Closed nakosung closed 9 years ago
I'm sorry that I don't have enough time to work on this project right now, but I will come back to this and finish TODO lists as soon as possible. I'm not sure that I understand your idea correctly. Does it mean one forward/backward pass with N*M-sized data blob or M forward/backward passes with N-sized data blob? In the former case, we have to consider the memory limit. For example, 100-sized 20 mini-batches is roughly equivalent to 2000 mini-batches in feedforward networks in terms of memory usage. In the latter case, we have to compute the sum of gradients over several forward/backward passes. The main problem is that every layer does not preserve gradient(diff) after one backward pass, because one backward pass always involves one weight update in caffe. I hope we will find a clever way to deal with this issue. Thank you for sharing your idea!

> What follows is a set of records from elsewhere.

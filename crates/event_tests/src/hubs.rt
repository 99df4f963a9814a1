//! A hub on one thread.
ghost use Rattle.std.specs.Prelude.{◌≡◌};

use crate::samples::post;
use event_admin::{Delivery, EventHub, Left, Publisher};
use std::alloc::Global;
use std::sync::Wait;

// Whether the hub takes a post of this number.
fn takes<R: Wait>(
    rt: &R,
    alloc: Global,
    hub: &EventHub,
    publisher: &mut Publisher,
    number: u64,
) -> bool
    requires { publisher.old.hub ≡ hub.now.hub }
    ensures { (publisher.new.hub ≡ publisher.old.hub) × (publisher.new.spare ≡ publisher.old.spare) }
{
    match post(alloc, 0, number) {
        Some(post) => match hub.post(rt, publisher, post) {
            Ok(()) => true,
            Err(_) => false,
        },
        None => false,
    }
}

// Whether the hub is full, and a post of this number comes back.
fn gives_back<R: Wait>(
    rt: &R,
    alloc: Global,
    hub: &EventHub,
    publisher: &mut Publisher,
    number: u64,
) -> bool
    requires { publisher.old.hub ≡ hub.now.hub }
    ensures { (publisher.new.hub ≡ publisher.old.hub) × (publisher.new.spare ≡ publisher.old.spare) }
{
    match post(alloc, 0, number) {
        Some(post) => match hub.post(rt, publisher, post) {
            Ok(()) => false,
            Err((back, _)) => back.number == number,
        },
        None => false,
    }
}

// The number of the next post.
fn next<R: Wait>(rt: &R, hub: &EventHub, delivery: &mut Delivery) -> Option<u64>
    requires { delivery.old.hub ≡ hub.now.hub }
    ensures { delivery.new.hub ≡ delivery.old.hub }
{
    match hub.next(rt, delivery) {
        Some(post) => Some(post.number),
        None => None,
    }
}

// Whether the next post has this number.
fn comes<R: Wait>(rt: &R, hub: &EventHub, delivery: &mut Delivery, number: u64) -> bool
    requires { delivery.old.hub ≡ hub.now.hub }
    ensures { delivery.new.hub ≡ delivery.old.hub }
{
    match next(rt, hub, delivery) {
        Some(found) => found == number,
        None => false,
    }
}

// Whether the hub takes two posts and no third, and gives the two.
fn fills_two<R: Wait>(
    rt: &R,
    alloc: Global,
    hub: &EventHub,
    publisher: &mut Publisher,
    delivery: &mut Delivery,
) -> bool
    requires { (publisher.old.hub ≡ hub.now.hub) × (delivery.old.hub ≡ hub.now.hub) }
    ensures publisher { (publisher.new.hub ≡ publisher.old.hub) × (publisher.new.spare ≡ publisher.old.spare) }
    ensures delivery { delivery.new.hub ≡ delivery.old.hub }
{
    takes(rt, alloc, hub, publisher, 1)
        && takes(rt, alloc, hub, publisher, 2)
        && gives_back(rt, alloc, hub, publisher, 3)
        && comes(rt, hub, delivery, 1)
        && comes(rt, hub, delivery, 2)
        && next(rt, hub, delivery).is_none()
}

fn third_finds_two_full<R: Wait>(rt: &R, alloc: Global) -> bool {
    match EventHub::new(alloc, 2) {
        Ok((hub, mut publisher, mut delivery)) => {
            let are_full = fills_two(rt, alloc, &hub, &mut publisher, &mut delivery);
            let left = hub.close(rt, publisher, delivery);
            are_full && left.taken == 2 && left.left.len() == 0
        }
        Err(_) => false,
    }
}

#[test]
fn a_third_post_finds_two_places_full(rt: HostRuntime) {
    assert!(rt; third_finds_two_full(&rt, rt.alloc()));
}

// Whether each of two publishers posts, and one of the posts is taken. The first and the delivery meet then.
fn both_post<R: Wait>(
    rt: &R,
    alloc: Global,
    hub: &EventHub,
    first: &mut Publisher,
    second: &mut Publisher,
    delivery: &mut Delivery,
) -> bool
    requires { (first.old.hub ≡ hub.now.hub) × (second.old.hub ≡ hub.now.hub) × (delivery.old.hub ≡ hub.now.hub) }
    ensures first { (first.new.hub ≡ first.old.hub) × (first.new.spare ≡ first.old.spare) }
    ensures second { (second.new.hub ≡ second.old.hub) × (second.new.spare ≡ second.old.spare) }
    ensures delivery { delivery.new.hub ≡ delivery.old.hub }
{
    let is_posted = takes(rt, alloc, hub, second, 1);
    let are_posted = takes(rt, alloc, hub, first, 2);
    let came = comes(rt, hub, delivery, 1);
    hub.meet(first, delivery);
    is_posted && are_posted && came
}

fn is_second(left: &Left) -> bool {
    match left.left.as_slice() {
        [post] => left.taken == 1 && post.number == 2,
        _ => false,
    }
}

// Whether of two posts the second is left, where the publisher is split and joined again.
fn second_is_left<R: Wait>(
    rt: &R,
    alloc: Global,
    hub: EventHub,
    publisher: Publisher,
    delivery: Delivery,
) -> bool
    requires { (publisher.hub ≡ hub.hub) × (delivery.hub ≡ hub.hub) × (publisher.spare ≡ 63) }
{
    let mut delivery = delivery;
    let (mut first, mut second) = hub.split(publisher);
    let are_split = first.spare() == 62 && second.spare() == 0;
    let are_posted = both_post(rt, alloc, &hub, &mut first, &mut second, &mut delivery);
    let publisher = hub.join(first, second);
    let is_joined = publisher.spare() == 63;
    let left = hub.close(rt, publisher, delivery);
    are_split && are_posted && is_joined && is_second(&left)
}

fn gives_the_rest<R: Wait>(rt: &R, alloc: Global) -> bool {
    match EventHub::new(alloc, 3) {
        Ok((hub, publisher, delivery)) => second_is_left(rt, alloc, hub, publisher, delivery),
        Err(_) => false,
    }
}

#[test]
fn what_two_publishers_left_is_given_back(rt: HostRuntime) {
    assert!(rt; gives_the_rest(&rt, rt.alloc()));
}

Thank you for your detail explanation. My question was about the former approach as you said. Some researches seem to use 4-size(quite small) minibatch for RNN update. If '4' is not so bad for mini batch size, memory requirement doesn't seem to be as a big problem. For the latter one M-fwd and 1-bwd seems to be sufficient to BP. Isn't it? 1) accumulate gradient for each weight during grouped forward passes 2) and back propagate to achieve large sized mini-batch with 'physical' small-batch.
The former approach seems to be a simple and good option. Thank you for your comment!
This implementation supports mini-batch update now.
As you mentioned in caffe official repo, your implementation doesn't support mini-batch. What is your plan to extend your implementation? To support N-sized truncated BPTT with M minibatch, is introducing M sequential data layers good enough?